What you will do ->
Compute how many lines in the entries below include the string "stream". Only the number is wanted.
————
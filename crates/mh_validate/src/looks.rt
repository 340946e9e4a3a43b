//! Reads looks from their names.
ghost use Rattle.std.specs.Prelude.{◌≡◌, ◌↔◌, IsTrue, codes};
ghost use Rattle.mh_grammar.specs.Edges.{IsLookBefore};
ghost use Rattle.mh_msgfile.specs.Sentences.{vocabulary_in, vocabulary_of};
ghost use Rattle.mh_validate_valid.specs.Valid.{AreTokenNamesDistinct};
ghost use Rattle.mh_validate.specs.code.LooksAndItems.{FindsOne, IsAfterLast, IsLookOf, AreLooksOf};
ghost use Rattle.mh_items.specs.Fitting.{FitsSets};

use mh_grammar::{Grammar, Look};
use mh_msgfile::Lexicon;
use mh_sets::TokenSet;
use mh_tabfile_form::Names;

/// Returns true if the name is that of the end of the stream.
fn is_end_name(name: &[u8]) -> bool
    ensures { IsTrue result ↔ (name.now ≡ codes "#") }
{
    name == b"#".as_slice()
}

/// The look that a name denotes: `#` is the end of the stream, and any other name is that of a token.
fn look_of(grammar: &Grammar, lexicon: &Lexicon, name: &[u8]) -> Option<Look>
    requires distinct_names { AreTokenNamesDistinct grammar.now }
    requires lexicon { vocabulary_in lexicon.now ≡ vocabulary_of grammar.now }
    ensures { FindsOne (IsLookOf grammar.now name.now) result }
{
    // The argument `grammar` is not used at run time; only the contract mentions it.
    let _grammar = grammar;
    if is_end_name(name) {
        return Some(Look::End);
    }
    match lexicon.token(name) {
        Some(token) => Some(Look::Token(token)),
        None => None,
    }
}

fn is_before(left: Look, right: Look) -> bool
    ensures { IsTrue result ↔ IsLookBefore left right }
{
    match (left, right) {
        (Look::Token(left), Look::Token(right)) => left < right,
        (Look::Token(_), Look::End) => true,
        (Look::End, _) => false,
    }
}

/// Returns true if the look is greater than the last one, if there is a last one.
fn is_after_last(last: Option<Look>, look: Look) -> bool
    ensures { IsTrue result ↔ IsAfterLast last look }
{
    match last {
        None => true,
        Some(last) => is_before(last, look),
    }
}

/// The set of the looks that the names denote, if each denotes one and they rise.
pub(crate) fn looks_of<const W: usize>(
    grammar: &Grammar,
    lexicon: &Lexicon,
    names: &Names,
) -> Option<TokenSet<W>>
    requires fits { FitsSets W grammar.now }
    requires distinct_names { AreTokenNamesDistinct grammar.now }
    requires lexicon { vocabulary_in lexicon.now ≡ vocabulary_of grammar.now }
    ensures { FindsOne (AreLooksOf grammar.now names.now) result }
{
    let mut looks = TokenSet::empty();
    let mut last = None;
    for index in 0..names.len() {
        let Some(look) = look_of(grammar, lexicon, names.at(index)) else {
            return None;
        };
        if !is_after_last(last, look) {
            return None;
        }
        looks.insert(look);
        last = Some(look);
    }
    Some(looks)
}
————
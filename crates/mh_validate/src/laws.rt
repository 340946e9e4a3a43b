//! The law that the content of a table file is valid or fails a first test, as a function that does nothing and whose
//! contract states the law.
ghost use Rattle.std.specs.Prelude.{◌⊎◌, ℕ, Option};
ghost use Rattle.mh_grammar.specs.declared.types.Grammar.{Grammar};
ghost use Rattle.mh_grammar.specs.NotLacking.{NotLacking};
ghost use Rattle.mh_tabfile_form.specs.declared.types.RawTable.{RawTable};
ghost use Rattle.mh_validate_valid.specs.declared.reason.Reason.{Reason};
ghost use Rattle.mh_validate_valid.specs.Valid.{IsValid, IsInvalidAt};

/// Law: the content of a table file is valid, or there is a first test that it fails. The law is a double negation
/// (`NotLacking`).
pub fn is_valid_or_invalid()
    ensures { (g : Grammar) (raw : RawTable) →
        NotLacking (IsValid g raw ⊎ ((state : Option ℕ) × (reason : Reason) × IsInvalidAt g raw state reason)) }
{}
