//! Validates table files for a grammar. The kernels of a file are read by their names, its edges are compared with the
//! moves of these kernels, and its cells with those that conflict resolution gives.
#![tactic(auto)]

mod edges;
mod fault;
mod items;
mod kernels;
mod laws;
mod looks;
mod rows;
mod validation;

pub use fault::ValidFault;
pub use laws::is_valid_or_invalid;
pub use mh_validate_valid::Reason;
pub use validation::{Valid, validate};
————
Answer to this task ->
2